Os mandados de busca e apreensão da Nêmesis foram assinados pelo ministro Mauro Campbell, do STJ. Os endereços inspecionados pela PF ficam em Palmas e Santa Tereza do Tocantins.
Depressa, governador
Os federais veem fortes indícios de que na residência de Joana Darc - também alvo de novas diligências nesta quarta - o governador Wanderley estava "orientando e coordenando" a remoção de caixas, malas e mochilas do interior da casa.
Após recebimento da queixa anônima, indicando a correria na casa da sogra, a equipe policial que fazia as buscas se deslocou para confirmar a veracidade da denúncia.
"Em vista do relato foi determinada pela Coordenação da Operação Policial que cumpria os mandados de busca e apreensão a realização de diligência confirmatória, tendo sido deslocado para o local, inicialmente, duas equipes policiais compostas por três agentes de polícia federal que reportaram a presença de diversos veículos oficiais e de pessoas que, momentos antes, foram alvos de busca e apreensão. Outrossim, foi observada intensa movimentação de caixas, malas e mochilas sendo removidas da referida residência, bem como do interior dos variados veículos que se encontravam estacionados na frente e nas proximidades do imóvel", detalha a PF no documento, ao qual o Estadão teve acesso.
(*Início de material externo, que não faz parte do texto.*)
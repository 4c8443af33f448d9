// Why a call or a sheet is refused: the fault, and the line and the task that it is about.
#![tactic(auto)]

ghost use Rattle.std.specs.Prelude.{◌≡◌, ◌↔◌, true};
ghost use Rattle.refusal.specs.Refusals.{plain};
ghost use Rattle.refusal.specs.Table.{row, told, first_of};

// The stage that refuses: reading words, reading lines, filling a plan, judging it, running it, or writing a listing.
#[derive(Clone, Copy, PartialEq, Eq, Debug)]
pub enum Layer {
    Words,
    Lines,
    Plan,
    Judge,
    Run,
    List,
}

// What is wrong. docs/FORMAT.md has the table of all eighteen in words.
#[derive(Clone, Copy, PartialEq, Eq, Debug)]
pub enum Fault {
    SheetTooLong,
    ForeignByte,
    BadWord,
    BadLine,
    TooMany,
    OutOfRange,
    Misfit,
    HoldAboveBlocking,
    NotJudgeable,
    NoWindow,
    NotAccepted,
    NoSuchNumber,
    UnitsNotAllowed,
    BacklogFull,
    HoldNotGranted,
    NothingToEnd,
    JobPending,
    BufferTooShort,
}

// The table of refusals, said fault by fault, so that each row can be held against the pages: a rule of the project.
impl Fault {
    // The number by which listings know the fault.
    pub fn number(self) -> u32
        ensures { result ≡ (row self).number }
    {
        match self {
            Fault::SheetTooLong => 1,
            Fault::ForeignByte => 2,
            Fault::BadWord => 3,
            Fault::BadLine => 4,
            Fault::TooMany => 5,
            Fault::OutOfRange => 6,
            Fault::Misfit => 7,
            Fault::HoldAboveBlocking => 8,
            Fault::NotJudgeable => 9,
            Fault::NoWindow => 10,
            Fault::NotAccepted => 11,
            Fault::NoSuchNumber => 12,
            Fault::UnitsNotAllowed => 13,
            Fault::BacklogFull => 14,
            Fault::HoldNotGranted => 15,
            Fault::NothingToEnd => 16,
            Fault::JobPending => 17,
            Fault::BufferTooShort => 18,
        }
    }

    pub fn layer(self) -> Layer
        ensures { result ≡ (row self).layer }
    {
        match self {
            Fault::SheetTooLong | Fault::ForeignByte | Fault::BadWord => Layer::Words,
            Fault::BadLine => Layer::Lines,
            Fault::TooMany | Fault::OutOfRange | Fault::Misfit | Fault::HoldAboveBlocking =>
                Layer::Plan,
            Fault::NotJudgeable | Fault::NoWindow => Layer::Judge,
            Fault::BufferTooShort => Layer::List,
            _ => Layer::Run,
        }
    }

    // Whether the fault is one of a line of the sheet.
    pub fn has_line(self) -> bool
        ensures { result ≡ (row self).lined }
    {
        match self {
            Fault::ForeignByte | Fault::BadWord | Fault::BadLine => true,
            Fault::TooMany | Fault::OutOfRange | Fault::Misfit | Fault::HoldAboveBlocking => true,
            Fault::NoWindow => true,
            _ => false,
        }
    }

    // Whether the fault can be that of one task.
    pub fn has_task(self) -> bool
        ensures { result ≡ (row self).tasked }
    {
        match self {
            Fault::TooMany | Fault::OutOfRange | Fault::Misfit | Fault::HoldAboveBlocking => true,
            Fault::NoWindow | Fault::UnitsNotAllowed => true,
            Fault::HoldNotGranted | Fault::NothingToEnd | Fault::JobPending => true,
            _ => false,
        }
    }
}

// Of two faults that may be there, the one with the smaller number: where several rules are broken, it is given. If each of the two is
// what is given for one thing, this is what is given for both: `both_broken` of proofs/Firsts.antt proves it, for any rules.
pub fn first_fault(a: Option<Fault>, b: Option<Fault>) -> Option<Fault>
    ensures { result ≡ first_of a b }
{
    match (a, b) {
        (Some(f), Some(g)) if f.number() > g.number() => Some(g),
        (Some(f), _) => Some(f),
        (None, found) => found,
    }
}

// A refusal: the fault, the line of the sheet that it stands on (0 without a sheet, and for the faults that are of no
// line), and the number of the task that was judged, added or named (0 where there is none): numbers, since a listing
// prints the line of the sheet as it is, and a rehearsal prints both.
#[derive(Clone, Copy, PartialEq, Eq, Debug)]
pub struct Refusal {
    pub fault: Fault,
    pub line: u32,
    pub task: u32,
}

impl Refusal {
    // The refusal of a call that is about no line and no task, where no `?` makes it of a fault.
    pub fn plain(fault: Fault) -> Refusal
        ensures { result ≡ plain fault }
    {
        Refusal {
            fault,
            line: 0,
            task: 0,
        }
    }

    // The refusal for a fault that a line and a task are at hand for, of which it keeps those that the fault has.
    pub fn new(fault: Fault, line: u32, task: u32) -> Refusal
        ensures fault { result.fault ≡ fault }
        ensures line { result.line ≡ (told fault line task).line }
        ensures task { result.task ≡ (told fault line task).task }
    {
        let line = if fault.has_line() { line } else { 0 };
        let task = if fault.has_task() { task } else { 0 };
        Refusal { fault, line, task }
    }

    // The same refusal, now with the line of the sheet on which it arose.
    pub fn on_line(self, line: u32) -> Refusal
        ensures fault { result.fault ≡ self.fault }
        ensures line { result.line ≡ (told self.fault line self.task).line }
        ensures task { result.task ≡ (told self.fault line self.task).task }
    {
        Refusal::new(self.fault, line, self.task)
    }

    pub fn number(self) -> u32
        ensures { result ≡ (told self.fault self.line self.task).number }
    {
        self.fault.number()
    }

    pub fn layer(self) -> Layer
        ensures { result ≡ (told self.fault self.line self.task).layer }
    {
        self.fault.layer()
    }
}

// Whether two refusals are the same: what `==` answers, on which tests rest.
pub fn same_refusal(refusal: Refusal, other: Refusal) -> bool
    ensures { (result ≡ true) ↔ (refusal ≡ other) }
{
    refusal == other
}

// A fault that is passed up becomes the refusal that is about no line and no task yet.
impl From<Fault> for Refusal {
    ghost from_gives = { λ f r. r ≡ plain f };

    fn from(fault: Fault) -> Refusal {
        Refusal::plain(fault)
    }
}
A equipe de federais, incumbida de frear a suposta movimentação atípica no entorno de Wanderley Barbosa, preferiu não agir por "questões de segurança", segundo o relatório.
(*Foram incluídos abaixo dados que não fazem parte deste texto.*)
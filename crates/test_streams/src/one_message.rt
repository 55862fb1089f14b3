//! Tests of runs over exactly one message, and of runs that show messages or parts of them.

use crate::picks::Once;
use crate::places::{Places, Single};
use capn_canon::{Form, Limits, Refusal};
use capn_commands::{PartTexts, ToolFault, run_show, serve_one};
use capn_pack::UnpackFault;
use capn_serve::{Position, RunFault, StreamForm};
use capn_show::Style;
use capn_stream::FrameFault;
use capn_walk::{Fault, Stopped};
use capn_words::{Place, Watched};
use std::alloc::{Allocator, Global};
use std::io::Read;
use std::process::Abort;
use test_allocator::Refusing;

/// The frame of a struct of one word and one slot, which is null.
const FRAME: [u8; 32] = [
    0, 0, 0, 0, 3, 0, 0, 0, 0, 0, 0, 0, 1, 0, 1, 0, 5, 0, 0, 0, 0, 0, 0, 0, 0, 0, 0, 0, 0, 0, 0, 0,
];

/// The packed bytes of `FRAME`.
const PACKED: [u8; 9] = [0x10, 3, 0x50, 1, 1, 0x01, 5, 0x00, 0];

/// Serves the one message of `input`, which may have `most` words. Returns the result and the output.
fn served<R: Read + Drop, A: Allocator + Copy>(
    alloc: Global,
    heap: A,
    form: StreamForm,
    most: u8,
    input: R,
) -> (Result<(), ToolFault>, Vec<u8>) {
    let mut reader = Watched::new(input);
    let mut writer = Watched::new(Vec::new(alloc));
    let ending = serve_one(heap, Places, form, most as u32, &mut reader, &mut writer);
    (ending, writer.into_inner())
}

/// The service gets the frame of the message, unpacked if it was packed.
#[test]
fn one_message_is_served(rt: HostRuntime) {
    let alloc = rt.alloc();
    let (ending, text) = served(alloc, alloc, StreamForm::Stream, 3, FRAME.as_slice());
    assert!(rt; ending == Ok(()) && text.as_slice() == [0, 0, 32].as_slice());
    let one_by_one = Single { bytes: &FRAME };
    let (ending, text) = served(alloc, alloc, StreamForm::Stream, 3, one_by_one);
    assert!(rt; ending == Ok(()) && text.as_slice() == [0, 0, 32].as_slice());
    let (ending, text) = served(alloc, alloc, StreamForm::Packed, 3, PACKED.as_slice());
    assert!(rt; ending == Ok(()) && text.as_slice() == [0, 0, 32].as_slice());
}

/// Tests whether one message of `input` is refused, with nothing written.
fn is_refused(alloc: Global, form: StreamForm, most: u8, input: &[u8], refusal: Refusal) -> bool {
    let (ending, text) = served(alloc, alloc, form, most, input);
    ending == Err(ToolFault::Refused(refusal)) && text.is_empty()
}

/// An input without a message is refused, and so are a longer message, a cut one, and bytes after the message.
#[test]
fn an_input_that_is_not_one_message(rt: HostRuntime) {
    let alloc = rt.alloc();
    let empty = Refusal::Frame(FrameFault::Empty);
    assert!(rt; is_refused(alloc, StreamForm::Stream, 3, &[], empty));
    let words = Refusal::Frame(FrameFault::TooManyWords(3));
    assert!(rt; is_refused(alloc, StreamForm::Stream, 2, &FRAME, words));
    let cut = Refusal::Frame(FrameFault::Cut);
    assert!(rt; is_refused(alloc, StreamForm::Stream, 3, &FRAME[..31], cut));
    let longer = [0; 9];
    assert!(rt; is_refused(alloc, StreamForm::Stream, 3, &longer, Refusal::Trailing(8)));
    let group = Refusal::Packed(UnpackFault::Cut { at: 7 });
    assert!(rt; is_refused(alloc, StreamForm::Packed, 3, &PACKED[..8], group));
}

/// Without memory, or after a failed read, nothing is written.
#[test]
fn one_message_that_is_not_read(rt: HostRuntime) {
    let alloc = rt.alloc();
    let broken = Once {
        bytes: &FRAME,
        is_over: false,
    };
    let (ending, text) = served(alloc, alloc, StreamForm::Stream, 3, broken);
    assert!(rt; ending == Err(ToolFault::Io) && text.is_empty());
    let heap = Refusing::nth(alloc, 0);
    heap.refuse_each();
    let (ending, text) = served(alloc, &heap, StreamForm::Stream, 3, FRAME.as_slice());
    assert!(rt; ending == Err(ToolFault::Memory) && text.is_empty());
}

/// The lines of messages, from the root, within a budget.
fn texts_of(form: Form, budget: u32, style: Style, path: &[u64]) -> PartTexts<'_> {
    PartTexts {
        path,
        form,
        limits: Limits::new(8, budget, 64).unwrap_or(Limits::usual()),
        style,
        offsets: false,
        ways: false,
    }
}

/// Shows the messages of `input`. Returns the result and the output.
fn shown<R: Read + Drop>(
    alloc: Global,
    texts: &PartTexts<'_>,
    input: R,
) -> (Result<(), RunFault>, Vec<u8>) {
    let mut reader = Watched::new(input);
    let mut writer = Watched::new(Vec::new(alloc));
    let ending = run_show(alloc, texts, &mut reader, &mut writer);
    (ending, writer.into_inner())
}

/// The lines of the message of `FRAME`.
const LINES: &[u8] = b"struct 1 1\n  word 0000000000000005\n  null\nend\n";

#[test]
fn messages_in_each_form(rt: HostRuntime) {
    let alloc = rt.alloc();
    let stream = texts_of(Form::Stream, 8, Style::Lines, &[]);
    let (ending, text) = shown(alloc, &stream, FRAME.as_slice());
    assert!(rt; ending == Ok(()) && text.as_slice() == LINES);
    let packed = texts_of(Form::Packed, 8, Style::Lines, &[]);
    let (ending, text) = shown(alloc, &packed, PACKED.as_slice());
    assert!(rt; ending == Ok(()) && text.as_slice() == LINES);
    let bare = texts_of(Form::Bare, 8, Style::Lines, &[]);
    let (ending, text) = shown(alloc, &bare, &FRAME[8..]);
    assert!(rt; ending == Ok(()) && text.as_slice() == LINES);
    let (ending, text) = shown(alloc, &stream, b"".as_slice());
    assert!(rt; ending == Ok(()) && text.is_empty());
}

/// At a path there may be a value or nothing. In JSON no line `end` follows, and nothing is an empty line.
#[test]
fn parts_of_messages(rt: HostRuntime) {
    let alloc = rt.alloc();
    let slot = texts_of(Form::Stream, 8, Style::Lines, &[0]);
    assert!(rt; shown(alloc, &slot, FRAME.as_slice()).1.as_slice() == b"null\nend\n".as_slice());
    let nothing = texts_of(Form::Stream, 8, Style::Lines, &[1]);
    let (_, text) = shown(alloc, &nothing, FRAME.as_slice());
    assert!(rt; text.as_slice() == b"none\nend\n".as_slice());
    let json = texts_of(Form::Stream, 8, Style::Json, &[]);
    let line = b"{\"words\":[\"0000000000000005\"],\"slots\":[null]}\n";
    assert!(rt; shown(alloc, &json, FRAME.as_slice()).1.as_slice() == line.as_slice());
    let empty = texts_of(Form::Stream, 8, Style::Json, &[1]);
    assert!(rt; shown(alloc, &empty, FRAME.as_slice()).1.as_slice() == b"\n".as_slice());
}

/// The messages before a refused one are shown. A message over the budget is refused, whatever the path.
#[test]
fn a_refused_message(rt: HostRuntime) {
    let alloc = rt.alloc();
    let start = Position {
        index: 0,
        offset: 0,
    };
    let next = Position {
        index: 1,
        offset: 32,
    };
    let stopped = Stopped {
        fault: Fault::OverBudget,
        place: Place::ROOT,
        paid: 0,
        visits: 1,
    };
    let poor = texts_of(Form::Stream, 1, Style::Lines, &[9]);
    let (ending, text) = shown(alloc, &poor, FRAME.as_slice());
    let refused = RunFault::Refused(start, Refusal::Walk(stopped));
    assert!(rt; ending == Err(refused) && text.is_empty());
    let rich = texts_of(Form::Stream, 8, Style::Lines, &[]);
    let mut longer = [0; 39];
    longer[..32].copy_from_slice(&FRAME);
    let (ending, text) = shown(alloc, &rich, longer.as_slice());
    let cut = RunFault::Refused(next, Refusal::Frame(FrameFault::Cut));
    assert!(rt; ending == Err(cut) && text.as_slice() == LINES);
    let broken = Once {
        bytes: &FRAME,
        is_over: false,
    };
    let (ending, text) = shown(alloc, &rich, broken);
    assert!(rt; ending == Err(RunFault::Io) && text.as_slice() == LINES);
}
Na avaliação dos investigadores, o numeroso aparato de policiais militares à paisana, possivelmente integrantes da Casa Militar, da segurança pessoal do governador Wanderley Barbosa, e até da Inteligência da Polícia Militar do Tocantins, não permitiria uma abordagem segura na ocasião.
"Os policiais federais que se encontravam em campo decidiram não realizar a abordagem, optando por realizar o acompanhamento dos veículos após o embarque, visando localizar o destino de tais objetos", diz o documento.
No entanto, os federais não conseguiram seguir os carros carregados de caixas e mochilas, "em razão da adoção de manobras evasivas e da dispersão realizada pelos veículos", relatou a PF ao ministro Mauro Campbell.
Bengala
"Ao consultar em sistema a propriedade das placas dos veículos identificados, foi possível constatar que se tratava de veículos alugados pelo Estado do Tocantins. Com o escopo de identificar a localização e a destinação de cada um deles, após ser oficiada, a empresa salientou que os veículos não possuem rastreador, visto que não houve a liberação para instalação dos equipamentos por parte da contratante. Com relação aos veículos de placa RMC-9A56 e RMC-9B65, os sistemas apresentaram falha na transmissão, encontrando-se inoperantes no momento", explicam os investigadores.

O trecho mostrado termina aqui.